Il dopoguerra italiano e l'ascesa del Fascismo
3. Il biennio nero (1921-22)
La scissione di Livorno era un chiaro segno dell’indebolimento delle forze socialiste e del riflusso dell’ondata rivoluzionaria del biennio rosso. Iniziava la reazione, il biennio nero.
Benito Mussolini aveva fondato il 23 Marzo 1919 a Milano, in piazza Sansepolcro, i Fasci di combattimento, un movimento politico composto da arditi, trinceristi, dannunziani e futuristi, il cui programma era marcatamente anti clericale e connotato da forti rivendicazioni sociali.
Durante il biennio rosso il movimento aveva iniziato a darsi una organizzazione paramilitare, con la costituzione di una milizia armata e aveva messo al centro del suo programma l’esigenza di garantire l’ordine nel paese. Alle elezioni del 1919 tuttavia non aveva ottenuto seggi.
Nel 1921 Mussolini cambiò politica e si riavvicinò alla Chiesa, alla monarchia e all’esercito, stringendo un patto con i possidenti agrari e gli industriali del nord, connotandola con un marcato anticomunismo e trovando anche nel governo Giolitti una certa accondiscendenza opportunista.
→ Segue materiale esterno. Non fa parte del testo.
ghost use Rattle.std.specs.Prelude.{◌↔◌, All, IsTrue};
ghost use Rattle.elfwrite.specs.Written.{is_defined};

use crate::ranges::{symbols_are_kept, traces_are_kept};
use pruelf::{Sym, SymbolPart};
use prunum::Memory;
use restable::{Trace, build};
use std::alloc::Global;
use std::marker::Model;

/// What stands in an executable besides its image: its symbols, which are defined, and its resource table, one of traces.
#[derive(Debug, Drop)]
pub struct Extra {
    symbols: Vec<Sym>,
    table: Vec<u8>,
}

impl Model for Extra {
    ghost use Rattle.elfwrite.specs.Written.{Besides, IsExtra};

    ghost Value = { Besides };

    ghost view = { λ a. record { symbols = a.symbols.items; table = a.table.items } };

    ghost invariant = { λ a. IsExtra (record { symbols = a.symbols.items; table = a.table.items }) };
}

impl Extra {
    ghost use Rattle.std.specs.Prelude.{◌≡◌, ◌≤◌, [], All, IfOk, IsTrue, length};
    ghost use Rattle.restable.specs.Tables.{table};
    ghost use Rattle.elfwrite.specs.Written.{CanAlwaysBeWritten, IsExtra, is_defined};

    /// No symbols, and the resource table of no traces.
    #[tactic(auto, using(crate::proofs::Few::empty_extra, crate::proofs::Few::empty_fits))]
    pub fn empty(alloc: Global) -> Result<Extra, Memory>
        ensures value { IfOk result (λ x. x ≡ record { symbols = []; table = table [] }) }
        ensures fits { IfOk result (λ x. CanAlwaysBeWritten x) }
    {
        let table = build(alloc, &[])?;
        Ok(Extra::new(Vec::new(alloc), table))
    }

    /// The symbols, each of which is defined, with addresses as values, and the resource table of at most 1,000,000 traces.
    #[tactic(auto, using(crate::proofs::Few::extra_of))]
    pub fn with_traces(alloc: Global, symbols: Vec<Sym>, traces: &[Trace]) -> Result<Extra, Memory>
        requires defined { All (λ s. IsTrue (is_defined s.part)) symbols.items }
        requires few { length traces.now ≤ 1000000 }
        ensures { IfOk result (λ x. x ≡ record { symbols = symbols.items; table = table traces.now }) }
    {
        symbols_are_kept(&symbols);
        traces_are_kept(traces);
        let table = build(alloc, traces)?;
        Ok(Extra::new(symbols, table))
    }

    /// The symbols, whose values are addresses, and the bytes of a resource table.
    pub fn new(symbols: Vec<Sym>, table: Vec<u8>) -> Extra
        requires { IsExtra (record { symbols = symbols.items; table = table.items }) }
        ensures { result ≡ record { symbols = symbols.items; table = table.items } }
    {
        Extra { symbols, table }
    }

    /// The symbols, in order.
    pub fn symbols(&self) -> &[Sym]
        ensures value { result.now ≡ self.now.symbols }
        ensures extra { IsExtra self.now }
    {
        self.symbols.as_slice()
    }

    /// The bytes of the resource table.
    pub fn table(&self) -> &[u8]
        ensures value { result.now ≡ self.now.table }
        ensures extra { IsExtra self.now }
    {
        self.table.as_slice()
    }
}

/// Whether each of the symbols is defined.
pub fn are_defined(symbols: &[Sym]) -> bool
    ensures { IsTrue result ↔ All (λ s. IsTrue (is_defined s.part)) symbols.now }
{
    symbols.iter().all(|s| s.part != SymbolPart::Used)
}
Il vecchio statista credeva infatti di poter controllare Mussolini e sfruttare le sue milizie per contrastare i movimenti rivendicativi delle forze socialiste e sindacali.
Alle elezioni del maggio 1921 Mussolini si presentò con il blocco nazionale dei liberali, riuscendo stavolta a far eleggere 35 deputati. Nei mesi successivi fondò il Partito Nazionale Fascista, mentre proseguirono per tutto il biennio le spedizioni punitive delle squadre fasciste, indirizzate contro le sedi dei partiti, dei sindacati e dei giornali socialisti e comunisti.
La situazione politica era tuttavia molto instabile e i partiti al governo (liberali e popolari) con i governi Bonomi e Facta non riuscirono a normalizzare la vita del paese.
Nell’autunno del 1922 Mussolini tentò il colpo di mano, organizzando per il 28 e il 29 ottobre una manifestazione delle sue milizie a Roma. Quella che è passata alla storia come la Marcia su Roma non venne contrastata dall’esercito per espressa volontà del re, nonostante la richiesta di proclamazione dello stato d’assedio del presidente Facta, che per questo rassegnò le dimissioni.
Lo stesso sovrano chiamò il giorno dopo a Roma Benito Mussolini, per offrirgli l’incarico di formare il nuovo governo, che fu un governo di coalizione, con l’appoggio di liberali e popolari.